HOMINID is a multiprocess program that benefits from multiple cores and multiple processors. It can run on any hardware that supports mpi4py from laptops to clusters.

Install

It is recommended that HOMINID be installed in a Python virtual environment. These instructions are specifically for the Miniconda3 distribution, which has been tested with HOMINID.

Install a MPI Implementation

A MPI implementation is available on most clusters so this step is generally necessary only on laptop and desktop computers. HOMINID is known to run with OpenMPI on Ubuntu 14.04, 16.04, and 18.04. These commands will install OpenMPI on Ubuntu and similar Debian-based Linux distributions:

$ sudo apt update
$ sudo apt install mpi-default-dev openmpi-bin

Create a Python Virtual Environment

  1. Download and install Miniconda3 from a terminal with these commands:
$ wget http://repo.continuum.io/miniconda/Miniconda3-latest-Linux-x86_64.sh -O miniconda3.sh
$ chmod u+x miniconda3.sh
$ ./miniconda3.sh
  • You will be asked to accept the license as part of the installation process.
  • Accept the default installation directory unless you have good reason not to. The default directory is ~/miniconda3.
  • The installer will ask to modify your PATH variable to include conda. Choose yes. If you choose no you will need to use full pathnames in subsequent steps.
  1. Close the terminal and open a new one so the update to your PATH variable takes effect. In the new terminal update conda:
$ conda update conda
  1. Clone the hominid repository.
$ git clone https://github.com/blekhmanlab/hominid.git
$ cd hominid
  1. Create a new virtual environment and install the HOMINID software. Here the virtual environment is named hom but another name will work.
$ conda create -n hom python=3.6 --file conda-requirements.txt
$ conda activate hom
(hom) $ pip install .
(hom) $ conda install rpy2 r-essentials

The pip install command installs the HOMINID package itself and a package that is not available to conda. The final conda install command installs packages for the optional plotting script.

Once HOMINID has been installed with pip the scripts can be executed from any directory by name as follows:

(hom)$ hominid
(hom)$ hominid_stability_selection
(hom)$ hominid_sort_results
(hom)$ hominid_box_bar_plot

The Python programs are in directory hominid/hominid.
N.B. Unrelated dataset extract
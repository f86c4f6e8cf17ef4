//! Tests of the lines of JSON that linters and link checkers read.
#![tactic(auto)]

#[cfg(test)]
mod lint_lines;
Test scripts are in directory hominid/example/scripts. Test input data files are in directory hominid/example/data.

Test the Installation

The installation can be tested using the included test scripts and test data with the following steps.

  1. Run hominid on the sample data. Change directory to the example/scripts directory and run test_hominid.sh.
(hom)$ cd example/scripts
(hom)$ ./test_hominid.sh

In test_hominid.sh, the option -n 3 to mpirun specifies that 3 processes will be used. Change this if you want to use a different number of processes. Performance will be reduced if more processes are specified than available cores. A minimum of two processes must be specified. The test output is written to hominid/example/hominid_example_output.rvcf. Many lines will be printed to stderr so you can watch hominid's progress.

  1. Run hominid on the sample data, with permuted sample IDs:
(hom)$ ./test_hominid_permute.sh

Output is written to hominid/example/hominid_example_output_permute.rvcf.

  1. Run stability selection to find associated OTUs/taxa/covariates.
(hom)$ ./test_stability_selection.sh

Output is written to hominid/example/stability_selection_example_output.rvcf.

  1. Combine the Lasso regression results with the microbiome abundances:
(hom)$ ./test_sort_results.sh

Output is written to hominid/example/sort_results_example_output.